Lindsay sighed. "OK, will it help if I
do some sorting this morning?"
"Well, yeah, but-would you?"
"Sure." Lindsay rose from her chair and went with Robin to a table near the faunal lab. Liza and her brother, Luke, were at a nearby table sorting bags of grid square fill. She had met him once when he was doing work for Frank, the department chairman. He had started out as a graduate student in archaeology a couple of years before Lindsay came to UGA. He had dropped out of school to work. Now he was back as a graduate student in accounting. He had been working as a campus bus driver but still came around the labs occasionally, picking up extra work with Frank and some of the other faculty.

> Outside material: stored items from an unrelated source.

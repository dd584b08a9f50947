//! Why the token at which a board's fault lies makes its line faulty.

ghost use Rattle.std.specs.Prelude.{◌≡◌, map};
ghost use Rattle.std.specs.List.{list_any};
ghost use Rattle.std.specs.Str.{bytes_eq};
ghost use Rattle.fc_notes.specs.TokenNote.{begins_drawn, is_label, is_of_solver, reason_of, solvers_words};

use fc_text::BoardFault;

/// Why a token makes its line faulty.
#[derive(Clone, Copy, Debug, PartialEq, Eq)]
pub enum Reason {
    /// It is one that solvers print beside boards.
    OfSolver,
    /// It numbers a column out of order.
    Label,
    /// It is no card.
    NoCard,
    /// It is no foundation.
    NoFoundation,
    /// It stands past the last cell of the game.
    PastCells,
    /// It stands in a ninth column.
    NinthColumn,
}

/// Why a token makes the line faulty in which it has this number, from 1.
pub(crate) fn reason_of(fault: &BoardFault, place: usize, token: &[u8]) -> Reason
    ensures value { result ≡ reason_of fault.now place token.now }
{
    match fault {
        BoardFault::BadCard(_) if is_of_solver(place, token) => Reason::OfSolver,
        BoardFault::BadCard(_) if is_label(token) => Reason::Label,
        BoardFault::BadCard(_) => Reason::NoCard,
        BoardFault::BadFoundation(_) => Reason::NoFoundation,
        BoardFault::TooManyCells(_) => Reason::PastCells,
        _ => Reason::NinthColumn,
    }
}

// Whether a token is one that solvers print beside boards, first in its line.
fn is_of_solver(place: usize, token: &[u8]) -> bool
    ensures value { result ≡ is_of_solver place token.now }
{
    place == 1 && (begins_drawn(token) || is_one_of(&SOLVERS_WORDS, token))
}

// Whether a token begins a line that a solver draws.
fn begins_drawn(token: &[u8]) -> bool
    ensures value { result ≡ begins_drawn token.now }
{
    matches!(
        token,
        [b'=', b'=', ..] | [b'-', b'=', ..] | [b'-', b'-', ..]
    )
}

// The words that lines of Freecell Solver begin with, other than those of a board.
const SOLVERS_WORDS: [&[u8]; 9] = [
    b"Move",
    b"This",
    b"Total",
    b"I",
    b"Iteration:",
    b"Depth:",
    b"Stored-States:",
    b"Scan:",
    b"Standard",
];

// Whether a token is one of these words.
fn is_one_of(words: &[&[u8]], token: &[u8]) -> bool
    ensures value { result ≡ list_any (λ word. bytes_eq word token.now) (map (λ word. word.now) words.now) }
{
    for word in words {
        if is_word(word, token) {
            return true;
        }
    }
    false
}

// Whether a token is this word.
fn is_word(word: &[u8], token: &[u8]) -> bool
    ensures value { result ≡ bytes_eq word.now token.now }
{
    word == token
}

// Whether a token is a number with a colon.
fn is_label(token: &[u8]) -> bool
    ensures value { result ≡ is_label token.now }
{
    match token {
        [digit, b':', ..] => digit.is_ascii_digit(),
        _ => false,
    }
}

Luke was fairer than his sister, with light brown hair to her dark brown. He had a pretty handsomeness to his looks that made him popular. His smile always held a flirtation. Lindsay suspected that he had gotten by as a kid on his looks-and still did. He was in his late twenties, a little old to be taken care of by his younger sister, she thought. But then, the accident was a tragic thing, and if the dark circles under his eyes were any indication, it had deeply affected him.
Lindsay glanced briefly at his work and saw that he did seem to know what he was doing. As he worked he was telling the others about the legend of the archaeology student who was discovered living in the building during the forties, showering in the bathrooms and sleeping in the narrow passageways that contained the pipes and wiring of the building. She had heard the stories but didn't believe them.

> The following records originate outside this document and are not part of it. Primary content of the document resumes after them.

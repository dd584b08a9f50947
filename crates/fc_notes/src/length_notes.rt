//! What is said of a board's lengths, and of the other way in which its text may be read.

ghost use Rattle.std.specs.Prelude.{◌≡◌, ◌≢◌, ℕ, ◌<◌, ◌≤◌, ◌↔◌, [], IsTrue, IfSome, IfNone};
ghost use Rattle.fc_position.specs.Board.{Board, column};
ghost use Rattle.fc_text.specs.Board.{Spells};
ghost use Rattle.fc_notes.specs.Length.{AllInColumns, HasSameColumns, IsAsLongAsDeal, IsDealInRows, IsLikeNoDeal, SpellsInRows};
ghost use Rattle.fc_notes.specs.LengthNote.{IsColumnsNote, IsRowsNote, IsReadingNote};

use crate::deal_lengths::{has_all_in_columns, has_lengths_of_deal, lengths_of};
use crate::played_columns::can_be_played_to;
use fc_cards::Card;
use fc_position::Position;
use fc_row_text::columns_of_row_text;
use fc_text::read_board;

/// What is said of a board that was read.
#[derive(Clone, Copy, Debug, PartialEq, Eq)]
pub enum LengthNote {
    /// All its cards stand in columns, which aren't as long as a deal's.
    NotOfDeal {
        /// How many cards each column has.
        lengths: [usize; 8],
        /// Whether the text is as long in its columns as a deal once it is read in rows.
        is_deal_in_rows: bool,
    },
    /// It comes from no deal, and what the text spells when it is read the other way can come from one.
    Other,
    /// Read the other way, the text spells another board, which has a card in column 8, and both or neither can come from a deal.
    Either,
}

/// What is said of a board that a text spells in columns, for a game with so many cells: that its cards all stand in columns that
/// are as long as those of no deal; else that in rows the text spells a board that it may mean.
pub fn note_of_columns(start: &Position, text: &[u8], cells: u8) -> Option<LengthNote>
    requires cells { cells ≤ 4 }
    ensures note { IsColumnsNote cells text.now start.now result }
{
    if is_like_no_deal(start) {
        return Some(LengthNote::NotOfDeal {
            lengths: lengths_of(start),
            is_deal_in_rows: is_deal_in_rows(text, cells),
        });
    }
    let other = board_in_rows(text, cells)?;
    reading_note(start, &other)
}

/// What is said of a board that a text spells in rows, for a game with so many cells: that its cards all stand in columns that
/// are as long as those of no deal; else that in columns the text spells a board that it may mean.
pub fn note_of_rows(start: &Position, text: &[u8], cells: u8) -> Option<LengthNote>
    requires cells { cells ≤ 4 }
    ensures note { IsRowsNote cells text.now start.now result }
{
    if is_like_no_deal(start) {
        return Some(LengthNote::NotOfDeal {
            lengths: lengths_of(start),
            is_deal_in_rows: false,
        });
    }
    match read_board(text, cells) {
        Ok(other) => reading_note(start, &other),
        Err(_) => None,
    }
}

/// Whether a text, read in rows, spells a board with a card in column 8, for a game with so many cells.
pub fn is_board_in_rows(text: &[u8], cells: u8) -> bool
    requires cells { cells ≤ 4 }
    ensures value { IsTrue result ↔ ((b : Board) × SpellsInRows cells text.now b × (column b 7 ≢ [])) }
{
    match board_in_rows(text, cells) {
        Some(other) => has_eighth(&other),
        None => false,
    }
}

/// Whether a board's cards all stand in columns that are as long as a deal's.
pub fn is_like_deal(board: &Position) -> bool
    ensures value { IsTrue result ↔ (AllInColumns board.now × IsAsLongAsDeal board.now) }
{
    has_all_in_columns(board) && has_lengths_of_deal(board)
}

// Whether the text, read in rows, is as long in its columns as a deal.
fn is_deal_in_rows(text: &[u8], cells: u8) -> bool
    requires cells { cells ≤ 4 }
    ensures value { IsTrue result ↔ IsDealInRows cells text.now }
{
    match board_in_rows(text, cells) {
        Some(other) => is_like_deal(&other),
        None => false,
    }
}

// The board that the text, read in rows, spells.
fn board_in_rows(text: &[u8], cells: u8) -> Option<Position>
    requires cells { cells ≤ 4 }
    ensures some { IfSome result (SpellsInRows cells text.now) }
    ensures none { IfNone result ((b : Board) → SpellsInRows cells text.now b → ⊥) }
{
    let Ok(columns) = columns_of_row_text(text) else {
        return None;
    };
    match read_board(columns.bytes(), cells) {
        Ok(board) => Some(board),
        Err(_) => None,
    }
}

// What is said of the board that was taken, beside the one that the text spells when it is read the other way.
fn reading_note(start: &Position, other: &Position) -> Option<LengthNote>
    ensures note { IsReadingNote start.now other.now result }
{
    if has_same_columns(start, other) {
        return None;
    }
    let is_own = can_be_played_to(start);
    let is_others = can_be_played_to(other);
    if is_alike(is_own, is_others) {
        if has_eighth(other) {
            return Some(LengthNote::Either);
        }
        return None;
    }
    if is_others {
        Some(LengthNote::Other)
    } else {
        None
    }
}

// Whether two tests answer alike.
fn is_alike(is_own: bool, is_others: bool) -> bool
    ensures value { IsTrue result ↔ (is_own ≡ is_others) }
{
    is_own == is_others
}

// Whether a board has a card in column 8.
fn has_eighth(board: &Position) -> bool
    ensures value { IsTrue result ↔ (column board.now 7 ≢ []) }
{
    !board.column(7).is_empty()
}

// Whether a board's cards all stand in columns that are as long as those of no deal.
fn is_like_no_deal(board: &Position) -> bool
    ensures value { IsTrue result ↔ IsLikeNoDeal board.now }
{
    has_all_in_columns(board) && !has_lengths_of_deal(board)
}

// Whether two boards have the same columns, each in its place.
fn has_same_columns(start: &Position, other: &Position) -> bool
    ensures value { IsTrue result ↔ HasSameColumns start.now other.now }
{
    for column in 0..8 {
        if !is_same(start.column(column), other.column(column)) {
            return false;
        }
    }
    true
}

// Whether two columns have the same cards, in the same order.
fn is_same(cards: &[Card], other: &[Card]) -> bool
    ensures value { IsTrue result ↔ (cards.now ≡ other.now) }
{
    if cards.len() != other.len() {
        return false;
    }
    for i in 0..cards.len() {
        if cards[i] != other[i] {
            return false;
        }
    }
    true
}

"That'd be fun to try," said Brandon. "Just to see if you could do it and not get caught."
"The showers have been taken out," said Liza. "I think someone would sniff you out."
"Well, heck," said Brandon, "there are lots of places on campus to get a shower. Just crawl out of the ductwork and jog over to the Ramsey P.E. Center."
Lindsay shook her head and turned to Robin. "Are these the ones?" Robin nodded. Lindsay counted the boxes stacked by the wall and labeled with the South Carolina site designation number. "There's quite a bit left."
"I know."
"Well, let's get to it." She pulled several boxes marked with the same feature number and set them on the table. Robin had already placed empty boxes for identified bones near the worktable. Lindsay pulled up a chair, opened a box of bones, and began sorting them into various smaller boxes: 0. virginianus, V. fulva, S. carolinensis, S. floridanus, M. gallopavo, M. carinatum, T. carolina, C. canadensis-deer, fox, squirrel, rabbit, turkey, sucker, turtle, beaver.